Pourtant, une réforme de notre système de retraites est indispensable. Mais pas celle-ci.

La nécessité de revoir notre système est évidente. A l’origine, en 1947, le régime avait été conçu avec un départ prévu à 65 ans, à raison de 4 actifs pour un retraité. Aujourd’hui, c’est 1,7 actif tout au plus et les projections les plus optimistes prévoient que ce chiffre tombe à 1,3 en 2030. De surcroît, en 1947, l’espérance de vie d’un homme à 65 ans était tout au plus de 12 ans. Aujourd’hui, et c’est heureux, elle dépasse 20 ans. En conséquence, les prévisions du COR (Conseil d’Orientation des Retraites, rapport annuel de septembre 2022) donnent un déficit des régimes actuels à hauteur de 21 milliards en 2035, auxquels il y a lieu d’ajouter les 30 milliards des régimes spéciaux portés par l’Etat.

Mais contrairement au projet de réforme de 2019 porté par Jean-Paul Delevoye, l’actuel - parce que seulement paramétrique -, n’aurait au final que très peu d’effets, et ce au détriment des entreprises et de leurs directions des ressources humaines.

D’après les chiffres de la DARES dans son étude publiée le 12 janvier 2023, les salariés de 55 à 64 ans représentent 56% de la masse salariale totale en France en 2021. Or, l’étude d’impact du projet de loi publiée le 23 janvier dernier révèle que le taux d’emploi des personnes âgées de 60 à 64 ans serait augmenté par l’effet de la réforme de 2 points dès 2025 et 6 points à partir de 2030. Pourtant, sans mesures incitatives suffisantes de maintien des salariés de cette tranche d’âge dans les entreprises, le report de l’âge de départ ne ferait qu’augmenter le nombre de personnes ni en emploi, ni en retraite. Des mesures de maintien des seniors dans l’emploi sont prévues dans la réforme Borne de 2023 (comme le CDI sénior, ou l’index sénior…) mais en effet pas suffisamment notamment pour les salariés soumis à pénibilité ou rentrant dans le cadre des « carrières longues » (reclassement, conversion…).

Mais au-delà de la réflexion nécessaire sur l’employabilité des seniors, le report de l’âge légal de départ à la retraite pourrait engendrer pour les entreprises des coûts qui sont trop peu évoqués.

De fait, en n’adressant pas tous les sujets liés à la protection sociale (santé, accidents du travail, maladies professionnelles et chômage), cette réforme n’apporterait aucune solution à terme à la soutenabilité de notre système de protection sociale. Pour preuve, la précédente réforme des retraites -en 2010- portant l’âge légal de 60 à 62 ans a montré que l’augmentation d’un an de l’âge moyen dans les entreprises a contribué à faire croître la sinistralité en prévoyance d’environ 10 points, le nombre d’arrêts de travail longue durée et le risque de décès augmentant, selon le Centre d’études de l’emploi et du travail du CNAM (Février 2023).

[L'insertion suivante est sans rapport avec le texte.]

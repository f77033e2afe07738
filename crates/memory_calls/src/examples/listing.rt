//! A listing is assembled; its words are checked, and listed again.
use bpf_isa::{LoadFault, MapTable, check};
use bpf_text::{assemble, disassemble};
use std::alloc::Global;

/// The canonical form of a listing; none where memory runs out.
pub fn canonical(alloc: Global) -> Option<Vec<u8>> {
    let words = assemble(alloc, b"mov r0, 0x28\n add r0, 2 ; a comment\n exit\n").ok()?;
    let program = check(alloc, &words, &MapTable::empty()).ok()?;
    disassemble(alloc, &program).ok()
}

/// The fault of a word one of whose fields isn't zero, but has to be.
pub fn fault_of_a_word(alloc: Global) -> Option<LoadFault> {
    let words = [0x95, 0, 0, 0, 0, 0, 0, 1];
    check(alloc, &words, &MapTable::empty()).err()
}
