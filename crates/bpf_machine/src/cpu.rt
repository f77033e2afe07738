//! The machine: its state, and the doing of a change.
ghost use Rattle.std.specs.Prelude.{◌≡◌, ◌≤◌, ◌<◌, ◌+◌, ◌^◌, ℕ, All, length, slice_set, false};
ghost use Rattle.bpf_entries.specs.Status.{has_ended};
ghost use Rattle.bpf_isa.specs.Programs.{IsStart};
ghost use Rattle.bpf_isa.specs.Sizes.{size_len};

mod atomic;
mod edit;
mod frames;
mod helpers;
mod keep;
mod open;
mod reads;
mod record;
mod revert;
mod run;
mod step;

use arrayvec::ArrayVec;
use bpf_entries::{ByteString, Status};
use bpf_isa::{Program, Reg, Size};
use bpf_steps::platform::TRACE_LIMIT;
use bpf_steps::{Change, FlatCode, Frame, Memory, are_registers, are_words};
pub use keep::Kept;
use std::marker::Model;

/// A machine with its program.
#[derive(Drop)]
pub struct Cpu {
    program: Program,
    /// The program's instructions in the form that a run takes, slot by slot.
    flats: Vec<FlatCode>,
    pc: u16,
    /// r0 to r9, and the frame pointer, which follows from the depth.
    registers: [u64; 11],
    frames: ArrayVec<Frame, 7>,
    memory: Memory,
    status: Status,
    trace: ArrayVec<u64, TRACE_LIMIT>,
}

impl Model for Cpu {
    ghost use Rattle.std.specs.Prelude.{◌≡◌, ◌<◌, All, take, length, slice_index};
    ghost use Rattle.bpf_isa.specs.Programs.{IsStart};
    ghost use Rattle.bpf_steps.specs.Flat.{AreFlat};
    ghost use Rattle.bpf_steps.specs.Platform.{frame_pointer, frame_count};
    ghost use Rattle.bpf_steps.specs.State.{State, IsFrame};

    ghost Value = { State };

    ghost view = { λ c. record { program = c.program; pc = c.pc; registers = take 10 c.registers; frames = c.frames.items; memory = c.memory; status = c.status; trace = c.trace.items } };

    ghost invariant = { λ c. record {
      start : IsStart c.program c.pc;
      flat : AreFlat c.program c.flats.items;
      pointer : slice_index c.registers 10 ≡ frame_pointer (length c.frames.items);
      shallow : length c.frames.items < frame_count;
      framed : All (IsFrame c.program) c.frames.items;
      mapped : c.memory.maps ≡ c.program.maps;
    } };
}

impl Cpu {
    ghost use Rattle.bpf_steps.specs.State.{IsState};
    ghost use Rattle.bpf_steps.specs.Fetched.{Fits};
    ghost use Rattle.bpf_steps.specs.Next.{changed, change as change_in, next};

    /// Brings what holds of every machine into a proof.
    pub fn invariant(&self)
        ensures { IsState self.now }
    {
        self.program.invariant();
        self.memory.invariant();
        are_registers(&self.registers);
        are_words(self.trace());
        self.status.invariant();
    }

    /// Does what `look` answered of this state: the second half of a step.
    #[inline(always)]
    pub fn commit(&mut self, change: &Change)
        requires runs { has_ended self.old.status ≡ false }
        requires looked { change.now ≡ change_in self.old }
        ensures { self.new ≡ next self.old }
    {
        self.invariant();
        self.apply(change);
    }

    /// Does a change.
    #[inline(always)]
    #[tactic(auto, unfolding(bpf_steps::specs::Next::changed))]
    fn apply(&mut self, change: &Change)
        requires { Fits self.old change.now }
        ensures { self.new ≡ changed self.old change.now }
    {
        match *change {
            Change::Set {
                register,
                value,
                next,
            } => {
                self.write_register(register, value);
                self.pc = next;
            }
            Change::Go { next } => self.pc = next,
            Change::Store {
                address: _,
                index,
                size,
                value,
                next,
            } => {
                self.memory.store(index, size, value);
                self.pc = next;
            }
            Change::Fetch {
                address: _,
                index,
                size,
                value,
                register,
                next,
            } => self.exchange(index, size, value, register, next),
            Change::Call { target } => self.enter(target),
            Change::Return => self.leave(),
            Change::Cell {
                address,
                source,
                length,
                next,
            } => self.write_cell(address, source, length, next),
            Change::Trace { word, next } => self.append_word(word, next),
            Change::Stop { status } => self.status = status,
        }
    }

    /// Stores the low bytes of a number at an index of memory's bytes, and a register gets the
    /// number that stood there.
    #[inline(always)]
    #[tactic(auto, unfolding(bpf_steps::specs::Next::changed))]
    fn exchange(&mut self, index: usize, size: Size, value: u64, register: Reg, next: u16)
        requires register { register < 10 }
        requires fits { index + size_len size ≤ length self.old.memory.bytes }
        requires next { IsStart self.old.program next }
        ensures { (address : ℕ) →
            self.new ≡ changed self.old (Change.Fetch address index size value register next) }
    {
        let old = self.memory.number(index, size);
        self.memory.store(index, size, value);
        self.write_register(register, old);
        self.pc = next;
    }

    /// Puts a number into a register.
    fn write_register(&mut self, register: Reg, value: u64)
        requires { register < 10 }
        ensures { self.new ≡ record
            self.old { registers = slice_set self.old.registers register value } }
    {
        self.registers[usize::from(register.number())] = value;
    }

    /// Appends a word to the trace list.
    #[inline(never)]
    #[tactic(auto, unfolding(bpf_steps::specs::Next::changed))]
    fn append_word(&mut self, word: u64, next: u16)
        requires { Fits self.old (Change.Trace word next) }
        ensures { self.new ≡ changed self.old (Change.Trace word next) }
    {
        self.trace.push(word);
        self.registers[0] = 0;
        self.pc = next;
    }

    /// Copies bytes of memory to a cell. They are taken out before, so that it does not matter how
    /// the two runs overlap.
    #[inline(never)]
    #[tactic(auto, unfolding(bpf_steps::specs::Next::changed))]
    fn write_cell(&mut self, address: u64, source: usize, length: u16, next: u16)
        requires { Fits self.old (Change.Cell address source length next) }
        ensures { self.new ≡ changed self.old (Change.Cell address source length next) }
    {
        let bytes = ByteString::of(self.memory.run(source, usize::from(length)));
        self.memory.put(address, bytes.as_slice());
        self.registers[0] = 0;
        self.pc = next;
    }
}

La conséquence immédiate d’une telle réforme sur les contrats prévoyance serait une hausse significative du tarif des couvertures pour les entreprises (sans compter la part salariale des cotisations) en cas d’arrêt de travail du fait d’une durée de service plus longue et de la traduction mécanique du recul de l’âge de départ à la retraite par une extension de deux années des rentes d’invalidité versées par les assureurs. Cette extension nécessiterait un niveau de provisionnement des assureurs plus important à la fois pour les invalidités en cours et à prévoir, et pour les incapacités en cours et à prévoir. A ces coûts structurels en hausse serait donc associée notamment une augmentation des tarifs à terme, particulièrement en prévoyance collective, en raison de la hausse de la moyenne d’âge des salariés et donc du niveau de risque plus élevé.

Au total, et si l’on se base sur les dérives observées lors de la dernière réforme des retraites ayant relevé l’âge de départ à la retraite, l’impact du passage de 62 à 64 ans sur le budget Protection Sociale Complémentaire des entreprises pourrait induire plus de 15% de hausse de celui-ci. Ceci viendrait s’ajouter inopportunément à une inflation des coûts, que l’on peut certes estimer conjoncturelle.

A cet égard, et pour cette année, la Banque de France prévoit une inflation comprise entre 4 % et 7 % traduisant une augmentation des dépenses des entreprises - achat de matières premières, énergie ou encore transport. Dans ce contexte, la réforme des retraites et ses coûts cachés pourrait bien alourdir une facture déjà conséquente pour les employeurs.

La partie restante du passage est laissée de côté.